WORK INSTRUCTION: When the line with "fn listener_failed(&mut self, _error: &io::Error)" is reached, include it and stop; before that, copy each line of the listing exactly from the first.

RECORD EXCERPTS:
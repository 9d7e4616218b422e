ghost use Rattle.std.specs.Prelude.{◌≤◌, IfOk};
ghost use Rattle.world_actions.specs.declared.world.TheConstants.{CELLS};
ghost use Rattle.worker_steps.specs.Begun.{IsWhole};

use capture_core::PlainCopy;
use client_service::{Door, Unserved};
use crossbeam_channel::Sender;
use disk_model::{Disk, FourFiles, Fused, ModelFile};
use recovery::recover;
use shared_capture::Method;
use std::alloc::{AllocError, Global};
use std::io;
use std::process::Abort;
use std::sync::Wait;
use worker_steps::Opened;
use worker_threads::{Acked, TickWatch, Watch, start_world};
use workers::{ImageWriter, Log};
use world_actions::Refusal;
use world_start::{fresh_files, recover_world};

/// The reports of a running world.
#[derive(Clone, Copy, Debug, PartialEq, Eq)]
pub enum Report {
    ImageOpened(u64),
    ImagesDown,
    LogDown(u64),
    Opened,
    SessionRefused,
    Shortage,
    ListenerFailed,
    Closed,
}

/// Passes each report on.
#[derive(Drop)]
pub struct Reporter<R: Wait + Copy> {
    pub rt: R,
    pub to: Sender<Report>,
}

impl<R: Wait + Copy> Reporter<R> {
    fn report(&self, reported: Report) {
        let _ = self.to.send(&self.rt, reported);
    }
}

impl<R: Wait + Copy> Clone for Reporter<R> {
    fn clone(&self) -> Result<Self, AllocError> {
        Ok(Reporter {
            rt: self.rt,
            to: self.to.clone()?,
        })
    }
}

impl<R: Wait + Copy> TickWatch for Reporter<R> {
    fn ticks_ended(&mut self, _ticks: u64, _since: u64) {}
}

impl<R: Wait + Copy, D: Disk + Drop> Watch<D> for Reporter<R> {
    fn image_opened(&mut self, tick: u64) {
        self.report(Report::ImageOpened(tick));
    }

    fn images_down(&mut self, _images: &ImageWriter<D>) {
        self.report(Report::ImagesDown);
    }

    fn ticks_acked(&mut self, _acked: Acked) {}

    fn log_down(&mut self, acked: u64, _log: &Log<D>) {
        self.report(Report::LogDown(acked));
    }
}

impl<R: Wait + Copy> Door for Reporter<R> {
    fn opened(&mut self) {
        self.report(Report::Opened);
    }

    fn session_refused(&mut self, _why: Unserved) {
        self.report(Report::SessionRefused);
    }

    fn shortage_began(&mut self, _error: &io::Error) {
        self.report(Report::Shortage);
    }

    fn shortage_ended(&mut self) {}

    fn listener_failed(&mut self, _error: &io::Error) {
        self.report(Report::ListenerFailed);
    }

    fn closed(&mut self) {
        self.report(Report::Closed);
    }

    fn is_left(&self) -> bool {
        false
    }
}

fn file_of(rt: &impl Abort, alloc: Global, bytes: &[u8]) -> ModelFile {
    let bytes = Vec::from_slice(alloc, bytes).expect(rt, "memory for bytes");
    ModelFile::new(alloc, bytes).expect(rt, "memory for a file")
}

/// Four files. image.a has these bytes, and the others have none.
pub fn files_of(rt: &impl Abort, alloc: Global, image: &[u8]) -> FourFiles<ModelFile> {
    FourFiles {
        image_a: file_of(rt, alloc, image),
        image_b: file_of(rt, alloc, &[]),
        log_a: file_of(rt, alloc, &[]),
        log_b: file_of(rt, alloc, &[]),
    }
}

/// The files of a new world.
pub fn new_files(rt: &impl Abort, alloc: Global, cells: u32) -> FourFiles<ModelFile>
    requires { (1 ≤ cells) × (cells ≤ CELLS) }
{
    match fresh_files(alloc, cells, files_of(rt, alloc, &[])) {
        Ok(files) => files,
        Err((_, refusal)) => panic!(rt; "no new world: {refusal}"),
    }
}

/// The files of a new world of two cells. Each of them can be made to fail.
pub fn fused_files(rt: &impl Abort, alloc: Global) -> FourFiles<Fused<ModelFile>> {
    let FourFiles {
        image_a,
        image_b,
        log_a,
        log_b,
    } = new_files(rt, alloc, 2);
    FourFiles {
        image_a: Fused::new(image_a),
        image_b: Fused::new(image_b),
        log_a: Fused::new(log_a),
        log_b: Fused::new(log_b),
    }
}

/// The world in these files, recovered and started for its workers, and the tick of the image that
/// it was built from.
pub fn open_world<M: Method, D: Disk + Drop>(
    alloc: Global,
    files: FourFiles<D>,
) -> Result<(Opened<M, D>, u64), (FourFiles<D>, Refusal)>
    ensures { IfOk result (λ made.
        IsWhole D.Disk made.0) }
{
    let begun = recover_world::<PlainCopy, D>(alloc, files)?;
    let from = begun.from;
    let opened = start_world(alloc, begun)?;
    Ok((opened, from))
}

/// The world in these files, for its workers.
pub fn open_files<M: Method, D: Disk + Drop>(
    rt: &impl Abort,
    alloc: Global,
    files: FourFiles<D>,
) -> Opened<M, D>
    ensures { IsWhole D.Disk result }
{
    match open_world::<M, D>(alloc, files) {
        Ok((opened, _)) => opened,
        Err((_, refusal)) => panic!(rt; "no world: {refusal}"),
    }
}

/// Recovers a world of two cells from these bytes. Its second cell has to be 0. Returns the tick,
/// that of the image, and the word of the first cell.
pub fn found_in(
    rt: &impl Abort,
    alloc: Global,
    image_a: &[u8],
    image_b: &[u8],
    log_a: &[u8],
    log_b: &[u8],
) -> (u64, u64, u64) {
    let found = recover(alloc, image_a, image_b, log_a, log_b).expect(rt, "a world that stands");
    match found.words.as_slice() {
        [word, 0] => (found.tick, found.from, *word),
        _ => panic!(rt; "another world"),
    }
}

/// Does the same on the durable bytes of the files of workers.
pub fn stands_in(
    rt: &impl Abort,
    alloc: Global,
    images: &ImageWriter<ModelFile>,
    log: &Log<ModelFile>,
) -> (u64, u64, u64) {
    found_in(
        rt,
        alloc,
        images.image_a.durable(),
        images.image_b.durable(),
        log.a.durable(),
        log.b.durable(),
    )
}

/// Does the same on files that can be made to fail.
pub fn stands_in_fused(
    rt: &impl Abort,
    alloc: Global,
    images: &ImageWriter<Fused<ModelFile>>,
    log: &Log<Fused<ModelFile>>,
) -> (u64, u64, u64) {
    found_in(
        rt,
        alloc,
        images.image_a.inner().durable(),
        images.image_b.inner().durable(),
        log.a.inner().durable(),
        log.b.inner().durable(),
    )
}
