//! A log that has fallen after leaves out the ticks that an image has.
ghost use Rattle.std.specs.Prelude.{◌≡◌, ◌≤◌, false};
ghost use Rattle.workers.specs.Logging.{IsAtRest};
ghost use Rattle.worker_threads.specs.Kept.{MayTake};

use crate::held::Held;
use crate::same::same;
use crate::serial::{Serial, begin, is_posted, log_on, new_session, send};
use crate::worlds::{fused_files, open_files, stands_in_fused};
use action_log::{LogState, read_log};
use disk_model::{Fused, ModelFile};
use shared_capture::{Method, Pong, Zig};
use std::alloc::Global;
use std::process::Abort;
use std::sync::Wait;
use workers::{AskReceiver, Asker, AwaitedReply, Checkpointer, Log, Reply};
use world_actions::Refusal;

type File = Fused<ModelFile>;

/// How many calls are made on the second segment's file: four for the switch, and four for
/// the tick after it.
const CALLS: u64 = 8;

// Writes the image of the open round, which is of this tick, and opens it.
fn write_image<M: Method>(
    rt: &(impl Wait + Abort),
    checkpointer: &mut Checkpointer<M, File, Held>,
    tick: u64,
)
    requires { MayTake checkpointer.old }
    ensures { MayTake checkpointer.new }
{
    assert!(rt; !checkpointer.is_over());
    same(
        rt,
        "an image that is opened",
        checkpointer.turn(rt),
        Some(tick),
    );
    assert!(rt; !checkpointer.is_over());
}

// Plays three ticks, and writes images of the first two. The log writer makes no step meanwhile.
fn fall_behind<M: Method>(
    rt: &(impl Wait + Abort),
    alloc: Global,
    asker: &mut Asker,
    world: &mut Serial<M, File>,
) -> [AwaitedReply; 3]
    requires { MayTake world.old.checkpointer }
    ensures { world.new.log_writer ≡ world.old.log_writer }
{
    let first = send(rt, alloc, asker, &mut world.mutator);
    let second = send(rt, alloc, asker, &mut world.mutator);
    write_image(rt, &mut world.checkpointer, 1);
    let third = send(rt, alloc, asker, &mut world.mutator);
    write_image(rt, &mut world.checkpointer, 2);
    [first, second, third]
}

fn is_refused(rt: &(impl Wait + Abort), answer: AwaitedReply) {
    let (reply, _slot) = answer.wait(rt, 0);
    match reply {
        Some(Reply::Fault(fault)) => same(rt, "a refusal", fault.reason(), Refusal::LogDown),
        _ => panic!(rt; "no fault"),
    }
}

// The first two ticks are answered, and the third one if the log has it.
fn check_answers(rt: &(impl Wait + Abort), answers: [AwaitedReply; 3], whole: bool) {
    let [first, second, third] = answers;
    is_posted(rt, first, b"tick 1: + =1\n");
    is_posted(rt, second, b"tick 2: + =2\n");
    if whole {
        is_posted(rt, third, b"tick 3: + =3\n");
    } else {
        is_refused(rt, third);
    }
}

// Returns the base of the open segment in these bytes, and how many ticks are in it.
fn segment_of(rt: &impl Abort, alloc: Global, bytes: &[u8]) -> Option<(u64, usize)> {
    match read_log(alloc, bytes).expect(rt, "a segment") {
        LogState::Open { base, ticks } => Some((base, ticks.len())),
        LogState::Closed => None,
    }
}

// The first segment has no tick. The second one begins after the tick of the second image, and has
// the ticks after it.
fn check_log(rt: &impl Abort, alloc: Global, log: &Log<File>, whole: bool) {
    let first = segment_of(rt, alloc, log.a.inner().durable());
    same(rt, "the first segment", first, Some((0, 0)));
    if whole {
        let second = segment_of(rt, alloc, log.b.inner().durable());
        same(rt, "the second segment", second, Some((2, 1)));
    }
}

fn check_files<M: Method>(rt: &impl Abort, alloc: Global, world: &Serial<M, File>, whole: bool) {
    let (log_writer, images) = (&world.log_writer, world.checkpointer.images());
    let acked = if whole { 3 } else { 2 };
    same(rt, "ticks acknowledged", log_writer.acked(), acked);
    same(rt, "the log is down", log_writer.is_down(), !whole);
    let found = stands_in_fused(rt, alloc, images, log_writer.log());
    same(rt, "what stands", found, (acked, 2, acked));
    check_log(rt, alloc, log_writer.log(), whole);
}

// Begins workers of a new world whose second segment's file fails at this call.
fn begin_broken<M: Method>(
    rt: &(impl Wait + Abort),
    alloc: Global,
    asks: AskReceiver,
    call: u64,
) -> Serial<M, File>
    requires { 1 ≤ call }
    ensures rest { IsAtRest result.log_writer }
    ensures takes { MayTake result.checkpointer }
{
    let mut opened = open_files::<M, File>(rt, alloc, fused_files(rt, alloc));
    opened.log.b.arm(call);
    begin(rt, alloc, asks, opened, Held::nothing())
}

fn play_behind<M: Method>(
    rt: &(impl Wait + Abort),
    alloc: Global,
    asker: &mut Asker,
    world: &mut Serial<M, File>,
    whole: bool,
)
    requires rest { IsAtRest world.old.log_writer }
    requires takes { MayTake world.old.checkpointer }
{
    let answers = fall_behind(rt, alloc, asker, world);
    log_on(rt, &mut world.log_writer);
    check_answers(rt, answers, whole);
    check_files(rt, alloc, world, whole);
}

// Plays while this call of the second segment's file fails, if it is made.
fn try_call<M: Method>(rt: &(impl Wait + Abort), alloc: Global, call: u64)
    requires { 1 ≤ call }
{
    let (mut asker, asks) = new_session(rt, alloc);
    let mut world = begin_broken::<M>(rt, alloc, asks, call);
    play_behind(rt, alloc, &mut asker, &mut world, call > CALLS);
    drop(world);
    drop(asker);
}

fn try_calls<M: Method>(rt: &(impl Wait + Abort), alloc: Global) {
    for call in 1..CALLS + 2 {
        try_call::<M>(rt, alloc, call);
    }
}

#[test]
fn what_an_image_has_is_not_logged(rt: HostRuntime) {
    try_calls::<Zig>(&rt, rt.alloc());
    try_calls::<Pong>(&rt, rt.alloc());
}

REPLY:
repository 9d7e4616218b422e
ghost use Rattle.std.specs.Prelude.{◌≤◌, IfOk};
ghost use Rattle.world_actions.specs.declared.world.TheConstants.{CELLS};
ghost use Rattle.worker_steps.specs.Begun.{IsWhole};

use capture_core::PlainCopy;
use client_service::{Door, Unserved};
use crossbeam_channel::Sender;
use disk_model::{Disk, FourFiles, Fused, ModelFile};
use recovery::recover;
use shared_capture::Method;
use std::alloc::{AllocError, Global};
use std::io;
use std::process::Abort;
use std::sync::Wait;
use worker_steps::Opened;
use worker_threads::{Acked, TickWatch, Watch, start_world};
use workers::{ImageWriter, Log};
use world_actions::Refusal;
use world_start::{fresh_files, recover_world};

/// The reports of a running world.
#[derive(Clone, Copy, Debug, PartialEq, Eq)]
pub enum Report {
    ImageOpened(u64),
    ImagesDown,
    LogDown(u64),
    Opened,
    SessionRefused,
    Shortage,
    ListenerFailed,
    Closed,
}

/// Passes each report on.
#[derive(Drop)]
pub struct Reporter<R: Wait + Copy> {
    pub rt: R,
    pub to: Sender<Report>,
}

impl<R: Wait + Copy> Reporter<R> {
    fn report(&self, reported: Report) {
        let _ = self.to.send(&self.rt, reported);
    }
}

impl<R: Wait + Copy> Clone for Reporter<R> {
    fn clone(&self) -> Result<Self, AllocError> {
        Ok(Reporter {
            rt: self.rt,
            to: self.to.clone()?,
        })
    }
}

impl<R: Wait + Copy> TickWatch for Reporter<R> {
    fn ticks_ended(&mut self, _ticks: u64, _since: u64) {}
}

impl<R: Wait + Copy, D: Disk + Drop> Watch<D> for Reporter<R> {
    fn image_opened(&mut self, tick: u64) {
        self.report(Report::ImageOpened(tick));
    }

    fn images_down(&mut self, _images: &ImageWriter<D>) {
        self.report(Report::ImagesDown);
    }

    fn ticks_acked(&mut self, _acked: Acked) {}

    fn log_down(&mut self, acked: u64, _log: &Log<D>) {
        self.report(Report::LogDown(acked));
    }
}

impl<R: Wait + Copy> Door for Reporter<R> {
    fn opened(&mut self) {
        self.report(Report::Opened);
    }

    fn session_refused(&mut self, _why: Unserved) {
        self.report(Report::SessionRefused);
    }

    fn shortage_began(&mut self, _error: &io::Error) {
        self.report(Report::Shortage);
    }

    fn shortage_ended(&mut self) {}

    fn listener_failed(&mut self, _error: &io::Error) {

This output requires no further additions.